Watching your finances spiral out of control and your business struggle to make ends meet is not easy for a small business owner to swallow. With Wall Street deteriorating some small business owners may find themselves forced into a corner with very few options. Chapter 11 bankruptcy is one option that helps them give their businesses one last-ditch effort. 

Unlike chapter 7 bankruptcy, which is reserved for businesses that are unable to meet their obligations, chapter 11 bankruptcy is designed for businesses that still have a chance at survival, if only they get a little more time to reorganize and get their affairs in order. If a business can reduce its debts or drastically lower its operating costs, then a return to viability is certainly possible.

A bankruptcy petition can be voluntary (filed by the company itself) or involuntary (filed by creditors that meet certain requirements). Whether voluntary or involuntary, once the petition is filed the company automatically assumes the identity of “debtor in possession,” which means that the company maintains possession and control of its assets and continues to operate the business throughout the reorganization process. After the petition is filed, a disclosure statement and a plan of reorganization need to be filed with the court. The disclosure statement basically contains information about assets, liabilities and anything else that will help creditors make an informed judgment about the reorganization plan. The reorganization plan needs to include a classification of claims with specifics about how each class will be treated under the plan.

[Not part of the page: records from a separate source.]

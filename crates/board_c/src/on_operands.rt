// The reader and the writer of an operand.
ghost use Rattle.std.specs.Prelude.{ℕ, Result};
ghost use Rattle.board.specs.Answers.{Answers};
ghost use Rattle.calls.specs.Promises.{Reads, Writes};
ghost use Rattle.machine.specs.declared.operand.Operand.{Operand};
ghost use Rattle.machine.specs.declared.refusal.Refusal.{Refusal};
ghost use Rattle.received.specs.Operands.{told_fits, told_in, fields_in};
ghost use Rattle.returned.specs.Known.{read_number_if, read_words_if, written_number_if, written_words_if};

use received::{FieldsRecord, ToldRecord};

#[unsafe(no_mangle)]
pub extern "C" fn chickadoor_read_operand(
    told: ToldRecord,
    xt: u64,
    xt2: u64,
    out: &mut [u64; 7],
) -> u32
    ensures { Answers (read_number_if (told_fits told)) (read_words_if (told_fits told)) (λ (a : Result Operand Refusal). Reads (told_in told) xt xt2 a) result out.new }
{
    board::chickadoor_read_operand(told, xt, xt2, out)
}

#[unsafe(no_mangle)]
pub extern "C" fn chickadoor_write_operand(
    told: ToldRecord,
    fields: FieldsRecord,
    out: &mut [u64; 2],
) -> u32
    ensures { Answers (written_number_if (told_fits told)) (written_words_if (told_fits told)) (λ (a : Result (ℕ × ℕ) Refusal). Writes (told_in told) (fields_in fields) a) result out.new }
{
    board::chickadoor_write_operand(told, fields, out)
}
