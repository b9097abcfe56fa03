// Instruction words, read and built.
ghost use Rattle.board.specs.Answers.{Answers};
ghost use Rattle.calls.specs.Promises.{Decodes, Builds};
ghost use Rattle.machine.specs.Answer.{decoded_number, built_number};
ghost use Rattle.received.specs.Operations.{operation_in};
ghost use Rattle.returned.specs.Words.{decoded_words, built_words};

use received::OperationRecord;

#[unsafe(no_mangle)]
pub extern "C" fn chickadoor_decode(word: u64, out: &mut [u64; 5]) -> u32
    ensures { Answers decoded_number decoded_words (Decodes word) result out.new }
{
    board::chickadoor_decode(word, out)
}

#[unsafe(no_mangle)]
pub extern "C" fn chickadoor_build(operation: OperationRecord, out: &mut [u64; 1]) -> u32
    ensures { Answers built_number built_words (Builds (operation_in operation)) result out.new }
{
    board::chickadoor_build(operation, out)
}
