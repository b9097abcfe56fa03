// The functions over a table.
ghost use Rattle.std.specs.Prelude.{ℕ, Result};
ghost use Rattle.board.specs.Answers.{Answers};
ghost use Rattle.calls.specs.Promises.{Inserts, LooksUp, ReadsSlot, Executes};
ghost use Rattle.machine.specs.Answer.{number_of};
ghost use Rattle.machine.specs.Tag.{regime_at};
ghost use Rattle.machine.specs.declared.entry.Entry.{Entry};
ghost use Rattle.machine.specs.declared.refusal.Refusal.{Refusal};
ghost use Rattle.machine.specs.declared.table.Match.{Match};
ghost use Rattle.received.specs.Entries.{entry_in};
ghost use Rattle.received.specs.Numbers.{is_regime};
ghost use Rattle.received.specs.States.{state_in};
ghost use Rattle.returned.specs.Known.{found_number, found_words};
ghost use Rattle.returned.specs.Words.{inserted_words, slot_words, executed_words};

use received::{EntryRecord, StateRecord};

#[unsafe(no_mangle)]
pub extern "C" fn chickadoor_insert(
    table: &mut [u64],
    entry: EntryRecord,
    output: u64,
    out: &mut [u64; 1],
) -> u32
    ensures { Answers number_of inserted_words (λ (a : Result ℕ Refusal). Inserts (entry_in entry) output table.old a table.new) result out.new }
{
    board::chickadoor_insert(table, entry, output, out)
}

#[unsafe(no_mangle)]
pub extern "C" fn chickadoor_look_up(
    table: &[u64],
    state: StateRecord,
    regime: u64,
    asid: u16,
    address: u64,
    out: &mut [u64; 3],
) -> u32
    ensures { Answers (found_number (is_regime regime)) (found_words (is_regime regime)) (λ (a : Result Match Refusal). LooksUp (state_in state) (regime_at regime) asid address table.entry.now a table.exit.now) result out.new }
{
    board::chickadoor_look_up(table, state, regime, asid, address, out)
}

#[unsafe(no_mangle)]
pub extern "C" fn chickadoor_read_slot(table: &[u64], slot: usize, out: &mut [u64; 15]) -> u32
    ensures { Answers number_of slot_words (λ (a : Result (Entry × ℕ) Refusal). ReadsSlot slot table.entry.now a table.exit.now) result out.new }
{
    board::chickadoor_read_slot(table, slot, out)
}

#[unsafe(no_mangle)]
pub extern "C" fn chickadoor_execute(
    table: &mut [u64],
    state: StateRecord,
    word: u64,
    xt: u64,
    xt2: u64,
    out: &mut [u64; 2],
) -> u32
    ensures { Answers number_of executed_words (λ (a : Result ℕ Refusal). Executes (state_in state) word xt xt2 table.old a table.new) result out.new }
{
    board::chickadoor_execute(table, state, word, xt, xt2, out)
}
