// The archive: the functions of the crate board under their C names, as include/chickadoor.h declares them. Each stands in both, since a crate is
// a library, which theorems cite, or an archive for C, and not both.
#![tactic(auto)]

mod lists;
mod on_operands;
mod on_tables;
mod on_words;
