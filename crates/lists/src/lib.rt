// Sums, counts and tables over lists, and their laws; numbers copied and added up.
#![tactic(auto)]

ghost use Rattle.std.specs.Prelude.{◌≡◌, ◌++◌, ◌≤◌, ◌<◌, ◌^◌, length, drop};
ghost use Rattle.lists.specs.Sums.{sum};

// Puts numbers down at the front of others; what lies beyond stays.
pub fn copy(from: &[u64], to: &mut [u64])
    requires { length from.now ≤ length to.old }
    ensures { to.new ≡ from.now ++ drop (length from.now) to.old }
{
    to[..from.len()].copy_from_slice(from);
}

// The sum of all the numbers.
#[tactic(auto, using(crate::proofs::Chains::sum_is))]
pub fn sum_of(numbers: &[u64]) -> u64
    requires { sum numbers.now (λ n. n) < 2 ^ 64 }
    ensures { result ≡ sum numbers.now (λ n. n) }
{
    numbers.iter().sum()
}
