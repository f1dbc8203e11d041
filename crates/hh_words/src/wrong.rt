//! What is told about words in which `clap` finds no fault, but which form no command.

ghost use Rattle.std.specs.Prelude.{IfOk, string_bytes};
ghost use Rattle.hh_words.specs.Lines.{EndsWithUsage};

use crate::given::value_of;
use crate::grammar::{Form, SUBCOMMANDS, Subcommand, Word};
use crate::words::USAGE;
use clap::ArgMatches;
use hh_word_values::CutText;
use std::alloc::{AllocError, Global};

/// What is wrong with the values of a command.
#[derive(Clone, Copy)]
enum Wrong<'a> {
    /// They don't go together, as this text tells.
    Company(&'static str),
    /// This one is off its grammar.
    Value(Word<'static>, &'a str),
}

/// Tells what is wrong with the values of a command, and then how the program is used.
pub(crate) fn wrong_text(alloc: Global, matches: &ArgMatches<'_>) -> Result<String, AllocError>
    ensures { IfOk result (λ text. EndsWithUsage (string_bytes text)) }
{
    let mut text = String::new(alloc);
    push_wrong(&mut text, wrong_of(matches))?;
    text.push_str(USAGE)?;
    Ok(text)
}

/// What is wrong with the values of a command, if anything is found.
fn wrong_of<'a>(matches: &ArgMatches<'a>) -> Option<Wrong<'a>> {
    let (name, given) = matches.subcommand()?;
    match wrong_company(name, given) {
        Some(text) => Some(Wrong::Company(text)),
        None => wrong_value(subcommand_named(name)?.words, given),
    }
}

/// The subcommand of a name.
fn subcommand_named(name: &str) -> Option<Subcommand<'static>> {
    for subcommand in SUBCOMMANDS {
        if subcommand.name == name {
            return Some(subcommand);
        }
    }
    None
}

/// The first of the words whose value is off its grammar.
fn wrong_value<'a>(words: &'static [Word<'static>], given: &ArgMatches<'a>) -> Option<Wrong<'a>> {
    for word in words {
        if let Some(text) = value_of(given, word.name) {
            if !word.value.takes(text) {
                return Some(Wrong::Value(*word, text));
            }
        }
    }
    None
}

/// What is wrong with the values of a command taken together.
fn wrong_company(name: &str, given: &ArgMatches<'_>) -> Option<&'static str> {
    match name {
        "script" => wrong_script(given),
        "report" => wrong_report(given),
        _ => None,
    }
}

/// What is wrong with the options of a script taken together.
fn wrong_script(given: &ArgMatches<'_>) -> Option<&'static str> {
    let has_key = value_of(given, "operator-key").is_some();
    if value_of(given, "db").is_none() {
        if has_key {
            None
        } else {
            Some("script needs --operator-key KEY for a new office, or --db PATH")
        }
    } else if has_key {
        Some("--operator-key can't be given with --db: that office has its own")
    } else if value_of(given, "lead-minutes").is_some() {
        Some("--lead-minutes can't be given with --db: that office has its own")
    } else {
        None
    }
}

/// What is wrong with the words of a report taken together.
fn wrong_report(given: &ArgMatches<'_>) -> Option<&'static str> {
    match value_of(given, "FORM")? {
        "balances" if value_of(given, "DATE").is_some() => {
            Some("balances takes neither DATE nor KIND")
        }
        "day" | "csv" if value_of(given, "KIND").is_none() => {
            Some("day and csv need DATE and KIND")
        }
        _ => None,
    }
}

/// Adds the line that tells what is wrong, and an empty line.
fn push_wrong(text: &mut String, wrong: Option<Wrong<'_>>) -> Result<(), AllocError> {
    match wrong {
        Some(Wrong::Company(company)) => write!(text, "error: {company}\n\n"),
        Some(Wrong::Value(word, value)) => push_value(text, word, value),
        None => Ok(()),
    }
}

/// Adds which word has which value, what the value should look like, and an empty line. If the value is a
/// key, which nobody else may read, only its length is told.
fn push_value(text: &mut String, word: Word<'_>, value: &str) -> Result<(), AllocError> {
    text.push_str("error: ")?;
    if let Form::Named | Form::NamedIfAny = word.form {
        text.push_str("--")?;
    }
    text.push_str(word.name)?;
    if word.value.is_key() {
        write!(text, " of {} bytes", value.len())?;
    } else {
        write!(text, " {}", CutText::of(value.as_bytes()))?;
    }
    write!(text, ": {}\n\n", word.help)
}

The disclosure agreement must be approved and the reorganization plan must be voted on by creditors. The court then holds a confirmation hearing to decide whether to confirm the plan.

Businesses of all sizes can file for chapter 11, but small businesses, defined as companies with secured and unsecured debt of less than $2 million, can elect to be treated differently. If a company does elect to be considered a small business, then it gets put on the “fast track.” Businesses on the fast track experience a rushed and somewhat less formal bankruptcy process. It’s not mandatory for them to have a creditors’ committee appointed for them, as is sometimes the case with other chapter 11 filings. They also don’t have to have a separate hearing to approve their disclosure statement. Small businesses can instead combine this hearing with the confirmation hearing. In addition, they have a shortened period of time (100 days) in which to file their reorganization plans. After the 100 days, parties with a vested interest can file their own plans. All plans must be filed within 160 days though.

Chapter 11 is among the most flexible of all the bankruptcy chapters, but it can also be pretty expensive. Above and beyond attorney’s fees, there are expenses for accountants and other professionals. In addition, the success rate for chapter 11 reorganizations is low. I’ve heard anywhere from 25 to 10 percent actually make it through the process. The most important thing for small business owners to remember when considering chapter 11 bankruptcy is that they have to have a great comeback plan, something that will get the business back on track quickly. If they don’t, then this attempt at a second chance will end up being very costly.

I also think it’s important to reiterate that filing for chapter 11 bankruptcy should be a last resort. It may help your business get through a rough patch, but in doing so it could hinder your chances of receiving credit in the future. Under the Fair Credit Reporting Act, chapter 11 bankruptcy gets reported on your credit rating for up to 10 years, and your credit rating is generally something you don’t want to mess with. So consider your options carefully before filing.